[[ Material shown open ]]

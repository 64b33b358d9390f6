// The workspace that a call is lent: whether it is long enough, the part that may be used, and how it is left.
#![tactic(auto)]

ghost use Rattle.std.specs.Prelude.{◌≡◌};
ghost use Rattle.answer.specs.Refusals.{refusal_of, space_refusal};
ghost use Rattle.answer.specs.Answer.{space_after};
ghost use Rattle.workspace.specs.Usable as part;

use answer::Refusal;

// How many bytes a call may use: the first 65,536, or none of a workspace that is too short.
#[tactic(auto, unfolding(crate::specs::Usable::usable, answer::specs::Refusals::space_size))]
fn usable(space: &[u8]) -> usize
    ensures { result ≡ part.usable space.now }
{
    if space.len() < 65536 {
        return 0;
    }
    65536
}

// Refusal 1.
pub fn check(space: &[u8]) -> Result<(), Refusal>
    ensures { refusal_of result ≡ space_refusal space.now }
{
    if usable(space) == 0 {
        return Err(Refusal::WorkspaceShort);
    }
    Ok(())
}

// Zeros in the part that may be used. Later bytes are left.
#[tactic(auto, using(crate::proofs::UsablePart::usable_inside, crate::proofs::UsablePart::part_cleared))]
fn clear(space: &mut [u8])
    ensures { space.new ≡ space_after space.old }
{
    let end = usable(space);
    area::put_zeros(0, end, space);
}

// The end of every call with a workspace, a refused one too: the workspace is cleared, and the answer given.
pub fn finish(answer: Result<u16, Refusal>, space: &mut [u8]) -> Result<u16, Refusal>
    ensures { (result ≡ answer) × (space.new ≡ space_after space.old) }
{
    clear(space);
    answer
}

[[ Material shown closed ]]

Print the first line of the records above and each line after it, exactly, through the line with "use answer::Refusal;".

repository 64b33b358d9390f6
// The workspace that a call is lent: whether it is long enough, the part that may be used, and how it is left.
#![tactic(auto)]

ghost use Rattle.std.specs.Prelude.{◌≡◌};
ghost use Rattle.answer.specs.Refusals.{refusal_of, space_refusal};
ghost use Rattle.answer.specs.Answer.{space_after};
ghost use Rattle.workspace.specs.Usable as part;

use answer::Refusal;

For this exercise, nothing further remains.